Серебряков, достав отмычки, за какую-нибудь минуту открыл дверь квартиры Авилова и вошел, плотно притворив ее за собой. Он не испытывал никакого волнения, во-первых, потому что не волновался никогда, а во-вторых — потому что долго задерживаться здесь не собирался. Вошел — и ничего не увидел. Вернее, он увидел дешевую мебель польского производства, несколько книг, стоявших на полках, — да и все остальное, что составляло небогатое достояние проживавшего здесь раньше старика. Он не увидел главного — вещей, принадлежавших Сергею Штерну — художнику-графику.
Квартира была тщательно убрана и вычищена и выглядела обжитой, но никаких следов проживания художника у пенсионера Авилова Серебряков не обнаружил. Это было странно: времени с того момента, как в доме № 18 в последний раз появился Кортнев, прошло не более полусуток, а Серебряков знал, что одна из комнат захламлена до крайности. Он походил по комнатам, заглянул даже во встроенный платяной шкаф, но ни одного предмета, имевшего хотя бы отдаленное отношение к быту художника, не обнаружил. Окончательно убедившись в том, что Сергей Штерн съехал с квартиры Авилова, Серебряков выдвинул в центр первой комнаты кресло и уселся так, чтобы ему была видна прихожая и входная дверь. Тимофею предстояло дать ответы на несколько непростых вопросов, прежде чем отправляться с докладом к Шиловой. И главный из них был — отчего так поспешно бежал из квартиры № 14 приятель Кортнева Сергей Штерн, если они с вице-президентом ничем предосудительным там не занимались, а всего только мило проводили время, к примеру, пили пиво и болтали?

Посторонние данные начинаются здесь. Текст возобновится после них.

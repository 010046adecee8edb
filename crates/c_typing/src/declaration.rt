// The names that declarations declare.
ghost use Rattle.std.specs.Prelude.{◌≡◌, ◌++◌, IfOk, OnOk, map};
ghost use Rattle.c_typing.specs.Declarations as spec;

use crate::base::{is_typedef, kids};
use crate::binding::Binding;
use crate::declarator::{declared, declared_name, function_params};
use c_terms::{Label, NoMemory, Tree};
use c_types::{Ty, adjusted};
use std::alloc::Global;

/// Returns the type that a declaration with these specifiers gives to a name. A typedef declares no object.
fn object_type(alloc: Global, specs: &Tree, declarator: &Tree) -> Result<Option<Ty>, NoMemory>
    ensures { IfOk result (λ ty. ty ≡ spec.object_type specs.now declarator.now) }
{
    if is_typedef(specs) {
        return Ok(None);
    }
    declared(alloc, specs, Some(declarator))
}

/// Returns the name that a declarator declares, with its type.
fn binding_of(alloc: Global, specs: &Tree, declarator: &Tree) -> Result<Option<Binding>, NoMemory>
    ensures { IfOk result (λ binding. binding ≡ spec.binding_of specs.now declarator.now) }
{
    match declared_name(declarator) {
        Some(name) => {
            let name = name.copy(alloc)?;
            let ty = object_type(alloc, specs, declarator)?;
            Ok(Some(Binding { name, ty }))
        }
        None => Ok(None),
    }
}

/// Returns the names that a declaration, a field, a parameter or a function declares, given the children of its branch.
pub(crate) fn declared_by(alloc: Global, children: &[Tree]) -> Result<Vec<Binding>, NoMemory>
    ensures { IfOk result (λ found. found.items ≡ spec.declared_by children.now) }
{
    let mut found = Vec::new(alloc);
    let Some((specs, declarators)) = children.split_first() else {
        return Ok(found);
    };
    for declarator in declarators {
        if let Some(binding) = binding_of(alloc, specs, declarator)? {
            found.push(binding)?;
        }
    }
    Ok(found)
}

/// Returns the same name with the type that it has as a parameter.
fn as_param(alloc: Global, binding: Binding) -> Result<Binding, NoMemory>
    ensures { IfOk result (λ param. param ≡ spec.as_param binding) }
{
    let Binding { name, ty } = binding;
    match ty {
        Some(ty) => Ok(Binding {
            name,
            ty: Some(adjusted(alloc, ty)?),
        }),
        None => Ok(Binding { name, ty: None }),
    }
}

/// Appends the names with the types that they have as parameters.
fn put_params(
    alloc: Global,
    bindings: Vec<Binding>,
    found: &mut Vec<Binding>,
) -> Result<(), NoMemory>
    ensures { OnOk result (found.new.items ≡ found.old.items ++ map spec.as_param bindings.items) }
{
    for binding in bindings {
        found.push(as_param(alloc, binding)?)?;
    }
    Ok(())
}

fn put_param_by(
    alloc: Global,
    label: Label,
    children: &[Tree],
    found: &mut Vec<Binding>,
) -> Result<(), NoMemory>
    ensures { OnOk result (found.new.items ≡ found.old.items ++ spec.param_by label children.now) }
{
    match label {
        Label::Param => put_params(alloc, declared_by(alloc, children)?, found),
        _ => Ok(()),
    }
}

/// Appends the name that a member of a list of parameters declares.
fn put_param(alloc: Global, tree: &Tree, found: &mut Vec<Binding>) -> Result<(), NoMemory>
    ensures { OnOk result (found.new.items ≡ found.old.items ++ spec.param tree.now) }
{
    match tree {
        Tree::Leaf(_) => Ok(()),
        Tree::Branch(label, children) => { put_param_by(alloc, *label, children.as_slice(), found) }
    }
}

/// Returns the names that a list of parameters declares.
fn params_of(alloc: Global, members: &[Tree]) -> Result<Vec<Binding>, NoMemory>
    ensures { IfOk result (λ found. found.items ≡ spec.params_of members.now) }
{
    let mut found = Vec::new(alloc);
    for member in members {
        put_param(alloc, member, &mut found)?;
    }
    Ok(found)
}

/// Returns the parameters of a function, given its declarator.
fn function_bindings(alloc: Global, declarator: &Tree) -> Result<Vec<Binding>, NoMemory>
    ensures { IfOk result (λ found. found.items ≡ spec.function_bindings declarator.now) }
{
    match function_params(declarator) {
        Some(params) => params_of(alloc, kids(params)),
        None => Ok(Vec::new(alloc)),
    }
}

fn declaration_by(alloc: Global, label: Label, children: &[Tree]) -> Result<Vec<Binding>, NoMemory>
    ensures { IfOk result (λ found. found.items ≡ spec.declaration_by label children.now) }
{
    match label {
        Label::Decl => declared_by(alloc, children),
        _ => Ok(Vec::new(alloc)),
    }
}

/// Returns the names that a tree declares if it is a declaration.
fn declaration(alloc: Global, tree: &Tree) -> Result<Vec<Binding>, NoMemory>
    ensures { IfOk result (λ found. found.items ≡ spec.declaration tree.now) }
{
    match tree {
        Tree::Leaf(_) => Ok(Vec::new(alloc)),
        Tree::Branch(label, children) => declaration_by(alloc, *label, children.as_slice()),
    }
}

/// Returns the names that a child of a branch with this label declares for the children that follow it.
pub(crate) fn declared_for_rest(
    alloc: Global,
    label: Label,
    child: &Tree,
) -> Result<Vec<Binding>, NoMemory>
    ensures { IfOk result (λ found. found.items ≡ spec.declared_for_rest label child.now) }
{
    match label {
        Label::Block | Label::ForDecl => declaration(alloc, child),
        Label::Params => {
            let mut found = Vec::new(alloc);
            put_param(alloc, child, &mut found)?;
            Ok(found)
        }
        Label::FunDef => function_bindings(alloc, child),
        _ => Ok(Vec::new(alloc)),
    }
}

fn item_by(alloc: Global, label: Label, children: &[Tree]) -> Result<Vec<Binding>, NoMemory>
    ensures { IfOk result (λ found. found.items ≡ spec.item_by label children.now) }
{
    match label {
        Label::Decl | Label::FunDef => declared_by(alloc, children),
        _ => Ok(Vec::new(alloc)),
    }
}

/// Returns the names that an item declares for the items that follow it.
pub(crate) fn item_names(alloc: Global, item: &Tree) -> Result<Vec<Binding>, NoMemory>
    ensures { IfOk result (λ found. found.items ≡ spec.item_names item.now) }
{
    match item {
        Tree::Leaf(_) => Ok(Vec::new(alloc)),
        Tree::Branch(label, children) => item_by(alloc, *label, children.as_slice()),
    }
}

fn own_by(alloc: Global, label: Label, children: &[Tree]) -> Result<Vec<Binding>, NoMemory>
    ensures { IfOk result (λ found. found.items ≡ spec.own_by label children.now) }
{
    match label {
        Label::FunDef => declared_by(alloc, children),
        _ => Ok(Vec::new(alloc)),
    }
}

/// Returns the name of a function, which is declared in the function itself.
pub(crate) fn own_name(alloc: Global, item: &Tree) -> Result<Vec<Binding>, NoMemory>
    ensures { IfOk result (λ found. found.items ≡ spec.own_name item.now) }
{
    match item {
        Tree::Leaf(_) => Ok(Vec::new(alloc)),
        Tree::Branch(label, children) => own_by(alloc, *label, children.as_slice()),
    }
}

У Гвоздя имелся приятель — инвалид афганской войны, у которого он и позаимствовал кресло на колесиках для Мансура. Обрядив последнего, как положено — то есть напялив на него камуфляжную форму, кепку с длинным козырьком, — Мансур должен был наблюдать сам, а вот видеть его лицо посторонним необязательно — а главное, утвердив повыше его скованную гипсовой повязкой ногу как свидетельство геройства на неизвестно какой войне, — Гвоздь повез Мансура на Измайловский рынок.
Куда едем, э? — поинтересовался Мансур. Время от времени он снимал свою фуражку с длинным козырьком и принимал в нее лепту, которой сердобольные граждане награждали его за полученную рану. Никто из них и представить себе не мог, что тот, кто катил Мансура на тележке, перед этим всадил ему в ногу пулю.